# Problem mit Micromaster 420 (Analogausgang)



## VT_628 (5 Februar 2011)

Hallo,

ich besitze einen Micromaster 420, den ich mir an meine Ständerbohrmaschine gebaut habe. Über den Analogausgang des Umrichters lasse ich mir auf einer Digitalanzeige die momentane Drehzahl anzeigen. (4-20mA)

Das Problem ist, dass der Umrichter nur im Rechtslauf die 4-20mA ausgibt, im Linkslauf nicht. Ich habe schon ewig gesucht, ob es da vielleicht irgendeinen Parameter gibt, habe aber nichts gefunden.

Kann mir da jemand helfen?


----------



## Matze001 (6 Februar 2011)

Ich kenne die parametrierung der MM nur sehr wenig.

Aber ich kann mir Vorstellen das dein Analogausgang mit einem Parameter zwischen Unipolar und Bipolar umgeschaltet werden kann. Da er ja nicht - 20mA rausgeben kann bekommst du keine Anzeige.

MfG

Marcel

P.S: Ich kann mich erinnnern das Siemens ein schönes Handbuch hat in dem jeder Parameter mit 1-2 Sätzen erklärt ist.


----------



## jabba (6 Februar 2011)

Wie kann denn die Analoganzeige das bei einem 4-20mA Signal anzeigen ?

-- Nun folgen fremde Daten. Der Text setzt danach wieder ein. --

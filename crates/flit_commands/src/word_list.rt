ghost use Rattle.std.specs.Prelude.{◌≡◌, ◌↔◌, [], ◌∷◌, ◌++◌, length, map, slice_get, IsTrue, OnOk, OnErr};
ghost use Rattle.std.specs.Option.{option_copied};

use flit_words::NoMemory;
use std::alloc::Global;
use std::marker::Model;

/// The words of a command line after the program's name.
#[derive(Drop)]
pub struct Words {
    words: Vec<String>,
}

impl Model for Words {
    ghost use Rattle.std.specs.Prelude.{List, ℕ, map, string_bytes};

    ghost Value = { List (List ℕ) };

    ghost view = { λ w. map string_bytes w.words.items };
}

impl Words {
    /// No word yet. Memory for words comes from `alloc`.
    pub fn new(alloc: Global) -> Words
        ensures { result ≡ [] }
    {
        Words {
            words: Vec::new(alloc),
        }
    }

    /// Puts the word behind the others.
    ///
    /// # Errors
    /// `NoMemory` where there is no memory for it. The words are the same as before then.
    pub fn push(&mut self, word: &str) -> Result<(), NoMemory>
        ensures ok { OnOk result (self.new ≡ self.old ++ word.now ∷ []) }
        ensures err { OnErr result (self.new ≡ self.old) }
    {
        let alloc = *self.words.allocator();
        let text = String::from_str(alloc, word)?;
        self.words.push(text)?;
        Ok(())
    }

    /// How many words there are.
    pub fn len(&self) -> usize
        ensures { result ≡ length self.now }
    {
        self.words.len()
    }

    /// Whether these are all the words, in this order.
    pub fn is(&self, words: &[&str]) -> bool
        ensures { IsTrue result ↔ (self.now ≡ map (λ word. word.now) words.now) }
    {
        if self.words.len() != words.len() {
            return false;
        }
        for (given, word) in self.words.iter().zip(words) {
            if given.as_str() != *word {
                return false;
            }
        }
        true
    }

    /// The word at a place, counted from 0, or `None` past the last one.
    pub fn get(&self, place: usize) -> Option<&str>
        ensures { option_copied result ≡ slice_get self.now place }
    {
        self.words.get(place).map(String::as_str)
    }
}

Die müßte dann ja bei 12mA 0 anzeigen, bei 20mA +100% und bei 4mA -100%.

Dazu muß man den unteren Wert auf -100% Stellen.
Parameter siehe Anhang.



Oder man müßte einen Parameter finden, der der den Betrag ausgibt, also ohne Vorzeichen.


----------



## VT_628 (6 Februar 2011)

jabba schrieb:


> Die müßte dann ja bei 12mA 0 anzeigen, bei 20mA +100% und bei 4mA -100%.
> 
> Dazu muß man den unteren Wert auf -100% Stellen.



Oh ja, super so funktioniert es. Ich musste nur, wie du geschrieben hast, den X1 Wert auf -100% stellen und an der Anzeige entsprechend den Nullpunkt verschieben, sodass bei 4mA die -100% angezeigt werden, bei 12mA 0% und bei 20mA +100%

Vielen Dank, du hast mir wirklich sehr weitergeholfen.


----------